━━ The data ━━

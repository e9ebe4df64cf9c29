//! Straight and diagonal steps.
ghost use Rattle.std.specs.Prelude.{◌≡◌, true};
ghost use Rattle.cost.specs.Worth.{told};

pub mod costs;

/// Straight steps, worth 1 each, and diagonal steps, worth √2 each, together at most 16,777,215; or Over. Over is held as 16,777,216
/// straight steps, so that order and sum need no case for it.
#[derive(Clone, Copy, PartialEq, Eq, Debug)]
pub struct Octile {
    straight: u32,
    diagonal: u32,
    ghost capped: { told straight diagonal ≡ true },
}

━━━

What is needed — Nothing but the lines from the one with "#[derive(Clone, Copy, PartialEq, Eq, Debug)]" through the final line of the data above should be output, exactly as written.

Exercise solution —
#[derive(Clone, Copy, PartialEq, Eq, Debug)]
pub struct Octile {
    straight: u32,
    diagonal: u32,
    ghost capped: { told straight diagonal ≡ true },
}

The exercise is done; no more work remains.